Each entry has to be set down again with no alteration.

─── RAW DATA ───

//! Which bytes are accepted as certificates.
use super::paused::{TEXT, is_it};
use run_cert::{Cert, CertRefusal, read_cert};
use std::alloc::Global;
use std::process::Abort;

// The result of reading bytes as a certificate.
#[derive(Clone, Copy, PartialEq, Eq)]
enum Verdict {
    // It is the certificate of the paused run.
    Itself,
    // It is another certificate.
    Another,
    // It is rejected at this line with this code.
    Refused(u64, u32),
    OutOfMemory,
}

// Compares a certificate with that of the paused run.
fn judge_cert(cert: &Cert) -> Verdict {
    if is_it(cert) {
        return Verdict::Itself;
    }
    Verdict::Another
}

fn judge(alloc: Global, text: &[u8]) -> Verdict {
    match read_cert(alloc, text) {
        Ok(cert) => judge_cert(&cert),
        Err(CertRefusal::Malformed(line, code)) => Verdict::Refused(line, code),
        Err(CertRefusal::OutOfMemory) => Verdict::OutOfMemory,
    }
}

// Compares the result of reading a text.
fn is_judged(rt: &impl Abort, alloc: Global, text: &[u8], wanted: Verdict, what: &str, place: u64) {
    let verdict = judge(alloc, text);
    assert!(rt; verdict == wanted, "{what} {place}");
}

// The expected result for a prefix of the text. Its lines end after the bytes 15, 28 and 37, and
// its input after byte 51. After that the text of the log may have any length.
fn cut_verdict(length: usize) -> Verdict {
    match length {
        0..=14 => Verdict::Refused(1, 21),
        15..=27 => Verdict::Refused(2, 21),
        28..=36 => Verdict::Refused(3, 21),
        37..=50 => Verdict::Refused(3, 22),
        51..=70 => Verdict::Another,
        _ => Verdict::Itself,
    }
}

#[test]
fn each_cut_is_judged_at_its_line(rt: HostRuntime) {
    let alloc = rt.alloc();
    for length in 0..72 {
        let wanted = cut_verdict(length);
        is_judged(&rt, alloc, &TEXT[..length], wanted, "bytes", length as u64);
    }
}

// The expected result for the text with another byte at a place, worked by hand. The numbers of
// the row are at 22, 24 and 26, and the separators between them at 23 and 25. The size of the
// input, 14, is at 34 and 35, and 34 bytes follow its line. A line end in the head makes the line
// after it invalid, except after `input 1`.
fn changed_verdict(at: usize, byte: u8) -> Verdict {
    match (at, byte) {
        (22 | 24 | 26, b'0'..=b'9') | (23 | 25, b';') => Verdict::Another,
        (21 | 23 | 25, b'\n') => Verdict::Refused(3, 21),
        (34, b'2' | b'3') | (35, b'0'..=b'9' | b'\n') => Verdict::Another,
        (34, b'4'..=b'9') => Verdict::Refused(3, 22),
        (0..=14, _) => Verdict::Refused(1, 21),
        (15..=27, _) => Verdict::Refused(2, 21),
        (28..=36, _) => Verdict::Refused(3, 21),
        _ => Verdict::Another,
    }
}

// Reads the text with each other byte at a place.
fn judge_changes(rt: &impl Abort, alloc: Global, at: usize) {
    let mut text = TEXT;
    assert!(rt; at < 71);
    let byte = text[at];
    for change in 1..=255u8 {
        text[at] = byte ^ change;
        let wanted = changed_verdict(at, byte ^ change);
        is_judged(rt, alloc, text.as_slice(), wanted, "byte", at as u64);
    }
}

#[test]
fn each_changed_byte_is_judged(rt: HostRuntime) {
    for at in 0..71 {
        judge_changes(&rt, rt.alloc(), at);
    }
}

// Heads, and the results of reading them, worked by hand.
static HEADS: [(&str, u64, u32); 24] = [
    ("cert 2 formula\n", 1, 21),
    ("cert 1 check\n", 1, 21),
    ("cert 1 make\n", 1, 21),
    ("cert 1 rounds\n", 1, 21),
    ("cert 1  tree\n", 1, 21),
    ("cert 1 tree \n", 1, 21),
    ("cert 1 tree\n", 2, 21),
    ("cert 1 tree\nstacks \n", 2, 21),
    ("cert 1 tree\nstacks 0,01\n", 2, 21),
    ("cert 1 tree\nstacks 4294967296\n", 2, 21),
    ("cert 1 tree\nstacks 4294967295\n", 3, 21),
    ("cert 1 tree\nstacks ;\ninput 0\n", 3, 21),
    ("cert 1 tree\nstacks\nroot 0\ninput 0\n", 3, 21),
    ("cert 1 tree\nstacks\nroot 4294967296\ninput 0\n", 3, 21),
    ("cert 1 tree\nstacks\nroot 4294967295\ninput 00\n", 4, 21),
    ("cert 1 tree\nstacks\nroot 1\ninput 4294967296\n", 4, 21),
    ("cert 1 tree\nstacks\nroot 1\ninput 4294967295\n", 4, 22),
    ("cert 1 tree\nstacks\nroot 1\ninput 1\n", 4, 22),
    ("cert 1 tree\nstacks\nroot 1\ninput 1", 4, 21),
    ("cert 1 formula\nstacks\nroot 1\ninput 0\n", 3, 21),
    ("cert 1 orient\nstacks 0\nheight 7\ninput 0\n", 3, 21),
    ("cert 1 orient\nkey 00\nheight 7\ninput 0\n", 2, 21),
    ("cert 1 orient\r\nstacks\ninput 0\n", 1, 21),
    ("", 1, 21),
];

#[test]
fn heads_are_refused_at_their_first_bad_line(rt: HostRuntime) {
    let alloc = rt.alloc();
    for (head, line, code) in HEADS.iter() {
        let wanted = Verdict::Refused(*line, *code);
        is_judged(&rt, alloc, head.as_bytes(), wanted, head, *line);
    }
}

// 64 digits of a key, and the same with an upper-case digit.
const DIGITS: &str = "00000000000000000000000000000000000000000000000000000000000000ab";

const UPPER: &str = "00000000000000000000000000000000000000000000000000000000000000aB";

// The digits of a key, what follows them in the head of an orientation, and the result of reading
// it, worked by hand.
static KEYED: [(&str, &str, Verdict); 10] = [
    (DIGITS, "\nheight 7\ninput 0\n", Verdict::Another),
    (DIGITS, "\nheight 2147483647\ninput 0\n", Verdict::Another),
    (DIGITS, "\nheight 0\ninput 0\n", Verdict::Refused(3, 21)),
    (
        DIGITS,
        "\nheight 2147483648\ninput 0\n",
        Verdict::Refused(3, 21),
    ),
    (DIGITS, "\ninput 0\n", Verdict::Refused(3, 21)),
    (
        DIGITS,
        "\nheight 7\nroot 1\ninput 0\n",
        Verdict::Refused(4, 21),
    ),
    (DIGITS, "\nheight 7\ninput 1\n", Verdict::Refused(4, 22)),
    (DIGITS, "0\nheight 7\ninput 0\n", Verdict::Refused(2, 21)),
    (UPPER, "\nheight 7\ninput 0\n", Verdict::Refused(2, 21)),
    ("ab", "\nheight 7\ninput 0\n", Verdict::Refused(2, 21)),
];

// The head of an orientation with these digits of a key and these bytes after them.
fn keyed(rt: &impl Abort, alloc: Global, digits: &str, rest: &str) -> String {
    let mut text = String::from_str(alloc, "cert 1 orient\nkey ").expect(rt, "memory");
    text.push_str(digits).expect(rt, "memory");
    text.push_str(rest).expect(rt, "memory");
    text
}

#[test]
fn a_key_is_read_as_it_is_printed(rt: HostRuntime) {
    let alloc = rt.alloc();
    for (digits, rest, wanted) in KEYED.iter() {
        let text = keyed(&rt, alloc, digits, rest);
        is_judged(&rt, alloc, text.as_bytes(), *wanted, text.as_str(), 0);
    }
}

───

WRITTEN RESPONSE.
//! Which bytes are accepted as certificates.
use super::paused::{TEXT, is_it};
use run_cert::{Cert, CertRefusal, read_cert};
use std::alloc::Global;
use std::process::Abort;

// The result of reading bytes as a certificate.
#[derive(Clone, Copy, PartialEq, Eq)]
enum Verdict {
    // It is the certificate of the paused run.
    Itself,
    // It is another certificate.
    Another,
    // It is rejected at this line with this code.
    Refused(u64, u32),
    OutOfMemory,
}

// Compares a certificate with that of the paused run.
fn judge_cert(cert: &Cert) -> Verdict {
    if is_it(cert) {
        return Verdict::Itself;
    }
    Verdict::Another
}

fn judge(alloc: Global, text: &[u8]) -> Verdict {
    match read_cert(alloc, text) {
        Ok(cert) => judge_cert(&cert),
        Err(CertRefusal::Malformed(line, code)) => Verdict::Refused(line, code),
        Err(CertRefusal::OutOfMemory) => Verdict::OutOfMemory,
    }
}

// Compares the result of reading a text.
fn is_judged(rt: &impl Abort, alloc: Global, text: &[u8], wanted: Verdict, what: &str, place: u64) {
    let verdict = judge(alloc, text);
    assert!(rt; verdict == wanted, "{what} {place}");
}

// The expected result for a prefix of the text. Its lines end after the bytes 15, 28 and 37, and
// its input after byte 51. After that the text of the log may have any length.
fn cut_verdict(length: usize) -> Verdict {
    match length {
        0..=14 => Verdict::Refused(1, 21),
        15..=27 => Verdict::Refused(2, 21),
        28..=36 => Verdict::Refused(3, 21),
        37..=50 => Verdict::Refused(3, 22),
        51..=70 => Verdict::Another,
        _ => Verdict::Itself,
    }
}

#[test]
fn each_cut_is_judged_at_its_line(rt: HostRuntime) {
    let alloc = rt.alloc();
    for length in 0..72 {
        let wanted = cut_verdict(length);
        is_judged(&rt, alloc, &TEXT[..length], wanted, "bytes", length as u64);
    }
}

// The expected result for the text with another byte at a place, worked by hand. The numbers of
// the row are at 22, 24 and 26, and the separators between them at 23 and 25. The size of the
// input, 14, is at 34 and 35, and 34 bytes follow its line. A line end in the head makes the line
// after it invalid, except after `input 1`.
fn changed_verdict(at: usize, byte: u8) -> Verdict {
    match (at, byte) {
        (22 | 24 | 26, b'0'..=b'9') | (23 | 25, b';') => Verdict::Another,
        (21 | 23 | 25, b'\n') => Verdict::Refused(3, 21),
        (34, b'2' | b'3') | (35, b'0'..=b'9' | b'\n') => Verdict::Another,
        (34, b'4'..=b'9') => Verdict::Refused(3, 22),
        (0..=14, _) => Verdict::Refused(1, 21),
        (15..=27, _) => Verdict::Refused(2, 21),
        (28..=36, _) => Verdict::Refused(3, 21),
        _ => Verdict::Another,
    }
}

// Reads the text with each other byte at a place.
fn judge_changes(rt: &impl Abort, alloc: Global, at: usize) {
    let mut text = TEXT;
    assert!(rt; at < 71);
    let byte = text[at];
    for change in 1..=255u8 {
        text[at] = byte ^ change;
        let wanted = changed_verdict(at, byte ^ change);
        is_judged(rt, alloc, text.as_slice(), wanted, "byte", at as u64);
    }
}

#[test]
fn each_changed_byte_is_judged(rt: HostRuntime) {
    for at in 0..71 {
        judge_changes(&rt, rt.alloc(), at);
    }
}

// Heads, and the results of reading them, worked by hand.
static HEADS: [(&str, u64, u32); 24] = [
    ("cert 2 formula\n", 1, 21),
    ("cert 1 check\n", 1, 21),
    ("cert 1 make\n", 1, 21),
    ("cert 1 rounds\n", 1, 21),
    ("cert 1  tree\n", 1, 21),
    ("cert 1 tree \n", 1, 21),
    ("cert 1 tree\n", 2, 21),
    ("cert 1 tree\nstacks \n", 2, 21),
    ("cert 1 tree\nstacks 0,01\n", 2, 21),
    ("cert 1 tree\nstacks 4294967296\n", 2, 21),
    ("cert 1 tree\nstacks 4294967295\n", 3, 21),
    ("cert 1 tree\nstacks ;\ninput 0\n", 3, 21),
    ("cert 1 tree\nstacks\nroot 0\ninput 0\n", 3, 21),
    ("cert 1 tree\nstacks\nroot 4294967296\ninput 0\n", 3, 21),
    ("cert 1 tree\nstacks\nroot 4294967295\ninput 00\n", 4, 21),
    ("cert 1 tree\nstacks\nroot 1\ninput 4294967296\n", 4, 21),
    ("cert 1 tree\nstacks\nroot 1\ninput 4294967295\n", 4, 22),
    ("cert 1 tree\nstacks\nroot 1\ninput 1\n", 4, 22),
    ("cert 1 tree\nstacks\nroot 1\ninput 1", 4, 21),
    ("cert 1 formula\nstacks\nroot 1\ninput 0\n", 3, 21),
    ("cert 1 orient\nstacks 0\nheight 7\ninput 0\n", 3, 21),
    ("cert 1 orient\nkey 00\nheight 7\ninput 0\n", 2, 21),
    ("cert 1 orient\r\nstacks\ninput 0\n", 1, 21),
    ("", 1, 21),
];

#[test]
fn heads_are_refused_at_their_first_bad_line(rt: HostRuntime) {
    let alloc = rt.alloc();
    for (head, line, code) in HEADS.iter() {
        let wanted = Verdict::Refused(*line, *code);
        is_judged(&rt, alloc, head.as_bytes(), wanted, head, *line);
    }
}

// 64 digits of a key, and the same with an upper-case digit.
const DIGITS: &str = "00000000000000000000000000000000000000000000000000000000000000ab";

const UPPER: &str = "00000000000000000000000000000000000000000000000000000000000000aB";

// The digits of a key, what follows them in the head of an orientation, and the result of reading
// it, worked by hand.
static KEYED: [(&str, &str, Verdict); 10] = [
    (DIGITS, "\nheight 7\ninput 0\n", Verdict::Another),
    (DIGITS, "\nheight 2147483647\ninput 0\n", Verdict::Another),
    (DIGITS, "\nheight 0\ninput 0\n", Verdict::Refused(3, 21)),
    (
        DIGITS,
        "\nheight 2147483648\ninput 0\n",
        Verdict::Refused(3, 21),
    ),
    (DIGITS, "\ninput 0\n", Verdict::Refused(3, 21)),
    (
        DIGITS,
        "\nheight 7\nroot 1\ninput 0\n",
        Verdict::Refused(4, 21),
    ),
    (DIGITS, "\nheight 7\ninput 1\n", Verdict::Refused(4, 22)),
    (DIGITS, "0\nheight 7\ninput 0\n", Verdict::Refused(2, 21)),
    (UPPER, "\nheight 7\ninput 0\n", Verdict::Refused(2, 21)),
    ("ab", "\nheight 7\ninput 0\n", Verdict::Refused(2, 21)),
];

// The head of an orientation with these digits of a key and these bytes after them.
fn keyed(rt: &impl Abort, alloc: Global, digits: &str, rest: &str) -> String {
    let mut text = String::from_str(alloc, "cert 1 orient\nkey ").expect(rt, "memory");
    text.push_str(digits).expect(rt, "memory");
    text.push_str(rest).expect(rt, "memory");
    text
}

#[test]
fn a_key_is_read_as_it_is_printed(rt: HostRuntime) {
    let alloc = rt.alloc();
    for (digits, rest, wanted) in KEYED.iter() {
        let text = keyed(&rt, alloc, digits, rest);
        is_judged(&rt, alloc, text.as_bytes(), *wanted, text.as_str(), 0);
    }
}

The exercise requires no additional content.